VkPartitionedAccelerationStructureWriteInstanceDataNV
structure is defined as:
typedef struct VkPartitionedAccelerationStructureWriteInstanceDataNV {
VkTransformMatrixKHR transform;
float explicitAABB[6];
uint32_t instanceID;
uint32_t instanceMask;
uint32_t instanceContributionToHitGroupIndex;
VkPartitionedAccelerationStructureInstanceFlagsNV instanceFlags;
uint32_t instanceIndex;
uint32_t partitionIndex;
VkDeviceAddress accelerationStructure;
} VkPartitionedAccelerationStructureWriteInstanceDataNV;
-
transform
is aVkTransformMatrixKHR
structure describing the transformation to be applied to the instance in PTLAS. -
explicitAABB
specifies an axis aligned bounding box representing the maximum extent of any vertex within the used acceleration structure after applying the instance-to-world transformation. The partition translation is not applied to the bounding box. -
instanceID
is a 24-bit user specified constant assigned to an instance in the PTLAS. -
instanceMask
is a 8-bit mask assigned to the instance that may be used to include or reject group of instances. -
instanceContributionToHitGroupIndex
is a per instance value added in the indexing into the shader binding table to fetch the hit group to use. -
instanceFlag
is a bitmask ofVkPartitionedAccelerationStructureInstanceFlagsNV
specifying flags an instance in the PTLAS. -
instanceIndex
is the index of the instance within the PTLAS. -
partitionIndex
is the index of the partition to which this instance belongs. Global partitions are referred to byVK_PARTITIONED_ACCELERATION_STRUCTURE_PARTITION_INDEX_GLOBAL_NV
. -
accelerationStructure
is the device address of the bottom level acceleration structure or a clustered bottom level acceleration structure that is being instanced. This instance is disabled if the device address is 0.
If opType
is VK_PARTITIONED_ACCELERATION_STRUCTURE_OP_TYPE_UPDATE_INSTANCE_NV
, argData
must contain an array of VkPartitionedAccelerationStructureUpdateInstanceDataNV
structures.
This is used to update an instance with a new bottom level acceleration structure. VkPartitionedAccelerationStructureUpdateInstanceDataNV
structure is defined as:
typedef struct VkPartitionedAccelerationStructureUpdateInstanceDataNV {
uint32_t instanceIndex;
uint32_t instanceContributionToHitGroupIndex;
VkDeviceAddress accelerationStructure;
} VkPartitionedAccelerationStructureUpdateInstanceDataNV;
-
instanceIndex
is the index of the instance being updated. -
instanceContributionToHitGroupIndex
is a per instance value added in the indexing into the shader binding table to fetch the hit group to use. -
accelerationStructure
is the device address of the bottom level acceleration structure or a clustered bottom level acceleration structure whose instance is being updated. The instance is disabled if the device address is 0.
If opType
is VK_PARTITIONED_ACCELERATION_STRUCTURE_OP_TYPE_WRITE_PARTITION_TRANSLATION_NV
, argData
must contain an array of VkPartitionedAccelerationStructureWritePartitionTranslationDataNV
structures.
This is used to assign a translation vector to a partition.
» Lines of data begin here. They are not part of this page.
//! Searches that write to slots of their caller, by the kind of a text, in so many steps where there is a bound.
ghost use Rattle.std.specs.Prelude.{◌≡◌, ℕ, IfOk, IsErrOf, IsOkUnless, Some, option_map, slice_get};
ghost use Rattle.regress_meaning.specs.Flags.{Options};
ghost use Rattle.regress_meaning.specs.Matches.{match_list};
ghost use Rattle.regress_meaning.specs.Offsets.{told, Begins};
ghost use Rattle.regress_meaning.specs.Pattern.{Pattern};
ghost use Rattle.regress_meaning.specs.Table.{Table};
ghost use Rattle.regress_programs.specs.declared.slots.Anchored.TheVariants.{No, Yes};
ghost use Rattle.regress.specs.Outcomes.{outcome_at};
ghost use Rattle.regress_calls.specs.Handles.{OfSearch};
ghost use Rattle.regress_calls.specs.Slotted.{IsInSlots};
ghost use Rattle.regress_calls.specs.Stopping.{IsStopped};
ghost use Rattle.regress_calls.specs.Texts.{reading_of_text, kind_of_text, units_of_text, EndsAtStart, IsOfItsKind, StandsIn};

use crate::text::Text;
use regress::{Error, Range, Regex, Scratch, SearchError};

/// The first match from `start` on, in as many steps as it takes.
fn find_at_length(
    regex: &Regex,
    scratch: &mut Scratch,
    text: Text<'_>,
    start: usize,
    slots: &mut [Option<Range>],
) -> Result<Option<Range>, Error>
    requires kind { IsOfItsKind text }
    requires start { (place : ℕ) × Begins (reading_of_text text) start place }
    ensures found { (t : Table) → (o : Options) → (p : Pattern) → StandsIn text.entry regex.now t o p →
        (place : ℕ) → Begins (reading_of_text text.entry) start place →
        IfOk result (λ found. IsInSlots (option_map (told (reading_of_text text.entry)) (slice_get (match_list t o p (reading_of_text text.entry).points place) 0)) slots.old found slots.new) }
    ensures ends { IfOk result (EndsAtStart (reading_of_text text.entry)) }
    ensures refused { IsOkUnless result Error.OutOfMemory }
{
    match text {
        Text::Utf8(text) => regex.find_into(scratch, text, start, slots),
        Text::Ascii(text) => regex.find_into(scratch, text, start, slots),
        Text::Utf16(units) => regex.find_into_utf16(scratch, units, start, slots),
        Text::Ucs2(units) => regex.find_into_ucs2(scratch, units, start, slots),
    }
}

/// The first match from `start` on, in so many steps.
fn find_within(
    regex: &Regex,
    scratch: &mut Scratch,
    text: Text<'_>,
    start: usize,
    steps: usize,
    slots: &mut [Option<Range>],
) -> Result<Option<Range>, SearchError>
    requires kind { IsOfItsKind text }
    requires start { (place : ℕ) × Begins (reading_of_text text) start place }
    ensures found { (t : Table) → (o : Options) → (p : Pattern) → StandsIn text.entry regex.now t o p →
        (place : ℕ) → Begins (reading_of_text text.entry) start place →
        IfOk result (λ found. IsInSlots (option_map (told (reading_of_text text.entry)) (slice_get (match_list t o p (reading_of_text text.entry).points place) 0)) slots.old found slots.new) }
    ensures ends { IfOk result (EndsAtStart (reading_of_text text.entry)) }
    ensures stopped { IsErrOf result SearchError.TooManySteps →
        IsStopped (OfSearch regex.now (Some steps)) No (kind_of_text text.entry) (units_of_text text.entry) start }
{
    let bounded = regex.within(steps);
    match text {
        Text::Utf8(text) => bounded.find_into(scratch, text, start, slots),
        Text::Ascii(text) => bounded.find_into(scratch, text, start, slots),
        Text::Utf16(units) => bounded.find_into_utf16(scratch, units, start, slots),
        Text::Ucs2(units) => bounded.find_into_ucs2(scratch, units, start, slots),
    }
}

/// The first match from `start` on, in so many steps where there is a bound.
pub(crate) fn find_into(
    regex: &Regex,
    scratch: &mut Scratch,
    text: Text<'_>,
    start: usize,
    max_steps: Option<usize>,
    slots: &mut [Option<Range>],
) -> Result<Option<Range>, SearchError>
    requires kind { IsOfItsKind text }
    requires start { (place : ℕ) × Begins (reading_of_text text) start place }
    ensures found { (t : Table) → (o : Options) → (p : Pattern) → StandsIn text.entry regex.now t o p →
        (place : ℕ) → Begins (reading_of_text text.entry) start place →
        IfOk result (λ found. IsInSlots (option_map (told (reading_of_text text.entry)) (slice_get (match_list t o p (reading_of_text text.entry).points place) 0)) slots.old found slots.new) }
    ensures ends { IfOk result (EndsAtStart (reading_of_text text.entry)) }
    ensures stopped { IsErrOf result SearchError.TooManySteps →
        IsStopped (OfSearch regex.now max_steps) No (kind_of_text text.entry) (units_of_text text.entry) start }
{
    match max_steps {
        Some(steps) => find_within(regex, scratch, text, start, steps, slots),
        None => match find_at_length(regex, scratch, text, start, slots) {
            Ok(found) => Ok(found),
            Err(_) => Err(SearchError::OutOfMemory),
        },
    }
}

/// The match that begins at `start`, in as many steps as it takes.
fn match_at_length(
    regex: &Regex,
    scratch: &mut Scratch,
    text: Text<'_>,
    start: usize,
    slots: &mut [Option<Range>],
) -> Result<Option<Range>, Error>
    requires kind { IsOfItsKind text }
    requires start { (place : ℕ) × Begins (reading_of_text text) start place }
    ensures found { (t : Table) → (o : Options) → (p : Pattern) → StandsIn text.entry regex.now t o p →
        (place : ℕ) → Begins (reading_of_text text.entry) start place →
        IfOk result (λ found. IsInSlots (option_map (told (reading_of_text text.entry)) (outcome_at t o p (reading_of_text text.entry).points place)) slots.old found slots.new) }
    ensures refused { IsOkUnless result Error.OutOfMemory }
{
    match text {
        Text::Utf8(text) => regex.match_into(scratch, text, start, slots),
        Text::Ascii(text) => regex.match_into(scratch, text, start, slots),
        Text::Utf16(units) => regex.match_into_utf16(scratch, units, start, slots),
        Text::Ucs2(units) => regex.match_into_ucs2(scratch, units, start, slots),
    }
}

/// The match that begins at `start`, in so many steps.
fn match_within(
    regex: &Regex,
    scratch: &mut Scratch,
    text: Text<'_>,
    start: usize,
    steps: usize,
    slots: &mut [Option<Range>],
) -> Result<Option<Range>, SearchError>
    requires kind { IsOfItsKind text }
    requires start { (place : ℕ) × Begins (reading_of_text text) start place }
    ensures found { (t : Table) → (o : Options) → (p : Pattern) → StandsIn text.entry regex.now t o p →
        (place : ℕ) → Begins (reading_of_text text.entry) start place →
        IfOk result (λ found. IsInSlots (option_map (told (reading_of_text text.entry)) (outcome_at t o p (reading_of_text text.entry).points place)) slots.old found slots.new) }
    ensures stopped { IsErrOf result SearchError.TooManySteps →
        IsStopped (OfSearch regex.now (Some steps)) Yes (kind_of_text text.entry) (units_of_text text.entry) start }
{
    let bounded = regex.within(steps);
    match text {
        Text::Utf8(text) => bounded.match_into(scratch, text, start, slots),
        Text::Ascii(text) => bounded.match_into(scratch, text, start, slots),
        Text::Utf16(units) => bounded.match_into_utf16(scratch, units, start, slots),
        Text::Ucs2(units) => bounded.match_into_ucs2(scratch, units, start, slots),
    }
}

/// The match that begins at `start`, in so many steps where there is a bound.
pub(crate) fn match_into(
    regex: &Regex,
    scratch: &mut Scratch,
    text: Text<'_>,
    start: usize,
    max_steps: Option<usize>,
    slots: &mut [Option<Range>],
) -> Result<Option<Range>, SearchError>
    requires kind { IsOfItsKind text }
    requires start { (place : ℕ) × Begins (reading_of_text text) start place }
    ensures found { (t : Table) → (o : Options) → (p : Pattern) → StandsIn text.entry regex.now t o p →
        (place : ℕ) → Begins (reading_of_text text.entry) start place →
        IfOk result (λ found. IsInSlots (option_map (told (reading_of_text text.entry)) (outcome_at t o p (reading_of_text text.entry).points place)) slots.old found slots.new) }
    ensures stopped { IsErrOf result SearchError.TooManySteps →
        IsStopped (OfSearch regex.now max_steps) Yes (kind_of_text text.entry) (units_of_text text.entry) start }
{
    match max_steps {
        Some(steps) => match_within(regex, scratch, text, start, steps, slots),
        None => match match_at_length(regex, scratch, text, start, slots) {
            Ok(found) => Ok(found),
            Err(_) => Err(SearchError::OutOfMemory),
        },
    }
}
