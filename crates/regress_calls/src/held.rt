//! What a handle can hold.

use crate::search::Search;
use regress::{Regex, Tables};
use std::sync::Arc;

/// What a handle can hold.
#[derive(Drop)]
pub enum Held {
    /// Tables, which share what they know.
    Tables(Tables),
    /// A compiled pattern, for one of its owners.
    Pattern(Arc<Regex>),
    /// A search of a pattern.
    Search(Search),
}
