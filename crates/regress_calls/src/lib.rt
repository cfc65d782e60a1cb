//! What each call of the library for C does, over slots that a caller in C holds.
#![tactic(auto)]

mod asking;
mod buffer;
mod calls;
mod compiling;
mod finding;
mod held;
mod making;
mod many;
mod numbers;
mod search;
mod sharing;
mod slot;
mod text;
mod text_range;

pub use asking::{
    error_text, escape, group_count, group_name, group_numbers, is_linear, linear_steps,
    pattern_text, replace, replace_all,
};
pub use buffer::copy_text;
pub use calls::{find, find_many, free, is_match, match_at, set_max_steps};
pub use compiling::{Refusal, Source, compile};
pub use held::Held;
pub use making::{put_search, put_small_tables, put_unicode_tables, share};
pub use regress::DEFAULT_LIMIT;
pub use regress_call_errors::{CallError, text_of_code};
pub use search::Search;
pub use slot::Slot;
pub use text::{Text, utf8};
pub use text_range::TextRange;
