// Delays from the receive times of the active ports: over all of them, since a named entry, from the entry to a port, between neighbours.
ghost use Rattle.std.specs.Prelude.{◌≡◌, ◌+◌, ◌<◌, ◌≤◌, map, Ok};
ghost use Rattle.ports.specs.Ports.{nowhere, time_at, port_at, active_ports, timed, only_if, only};
ghost use Rattle.ports.specs.Answers.{said_time};
ghost use Rattle.ports.specs.Delays.{largest, total, delay_said, elapsed, total_from, counted_from, gap, gaps, between, sum_most};

use crate::active::entry_place;
use crate::{Port, Ports};
use std::array;

// A delay; one of 0 is absent.
#[tactic(auto, unfolding(crate::specs::Delays::delay_said))]
pub(crate) fn delay(t: u32) -> Option<u32>
    ensures { said_time (Ok result) ≡ delay_said t }
{
    if t == 0 { None } else { Some(t) }
}

// The largest time of an active port, 0 if there is none.
fn largest_time(p: Ports) -> u32
    ensures { result ≡ largest (map (time_at p) (active_ports p)) }
{
    p.0.iter()
        .filter(|q| q.active)
        .map(|q| q.dc_receive_time)
        .max()
        .unwrap_or(0)
}

// The largest less the smallest time of the active ports: the smallest is the entry's.
#[tactic(auto, using(crate::proofs::Laws::totals))]
pub(crate) fn total_time(p: Ports) -> u32
    ensures { result ≡ total p }
{
    match entry_place(p) {
        None => 0,
        Some(e) => largest_time(p).saturating_sub(p.0[e].dc_receive_time),
    }
}

// The port with the time that has elapsed at it since e, on a clock that may turn over.
#[tactic(auto, unfolding(crate::specs::Delays::elapsed))]
fn since(q: Port, e: u32) -> Port
    ensures { result ≡ timed q (elapsed e q.dc_receive_time) }
{
    Port {
        dc_receive_time: q.dc_receive_time.wrapping_sub(e),
        ..q
    }
}

// The record whose times are those elapsed since e.
fn counted_from(p: Ports, e: u32) -> Ports
    ensures { result ≡ counted_from p e }
{
    Ports(p.0.map(|q| since(q, e)))
}

// The largest time that has elapsed at an active port since the place k.
#[tactic(auto, using(crate::proofs::From::counted))]
pub(crate) fn total_since(p: Ports, k: usize) -> u32
    requires { k < nowhere }
    ensures { result ≡ total_from p k }
{
    largest_time(counted_from(p, p.0[k].dc_receive_time))
}

// The port at a place, active only if the place lies from one to another.
fn kept(p: Ports, from: usize, to: usize, k: usize) -> Port
    requires { k < nowhere }
    ensures { result ≡ only_if (port_at p k) (between from to k) }
{
    Port {
        active: p.0[k].active && (from..=to).contains(&k),
        ..p.0[k]
    }
}

// The record in which only places from one to another are active.
pub(crate) fn narrowed(p: Ports, from: usize, to: usize) -> Ports
    ensures { result ≡ only (between from to) p }
{
    Ports(array::from_fn(|k| kept(p, from, to, k)))
}

// What the neighbouring places k and k + 1 add: the later less the earlier time, if both are active.
#[tactic(auto, unfolding(crate::specs::Delays::gap))]
fn gap_at(p: Ports, k: usize) -> u64
    requires { k + 1 < nowhere }
    ensures { (result ≡ gap p k) × (result ≤ sum_most) }
{
    let here = p.0[k];
    let next = p.0[k + 1];
    if here.active && next.active {
        u64::from(next.dc_receive_time.saturating_sub(here.dc_receive_time))
    } else {
        0
    }
}

// The sum over the pairs whose first lies before the place k.
#[tactic(auto, unfolding(crate::specs::Delays::gaps))]
pub(crate) fn gaps_before(p: Ports, k: usize) -> u64
    requires { k < nowhere }
    ensures { result ≡ gaps p k }
{
    let mut sum = 0;
    for j in 0..k {
        sum += gap_at(p, j);
    }
    sum
}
typedef struct VkPartitionedAccelerationStructureWritePartitionTranslationDataNV {
uint32_t partitionIndex;
float partitionTranslation[3];
} VkPartitionedAccelerationStructureWritePartitionTranslationDataNV;
-
partitionIndex
is the index of partition to write. Global partitions are referred to byVK_PARTITIONED_ACCELERATION_STRUCTURE_PARTITION_INDEX_GLOBAL_NV
. -
partitionTranslation
sets the translation vector for this partition. When tracing this partition, the contained instances will behave as if the partition translation was added to the translation component of the instance transform. This translation vector is also added to the instances in the partition that had their bounding box specified.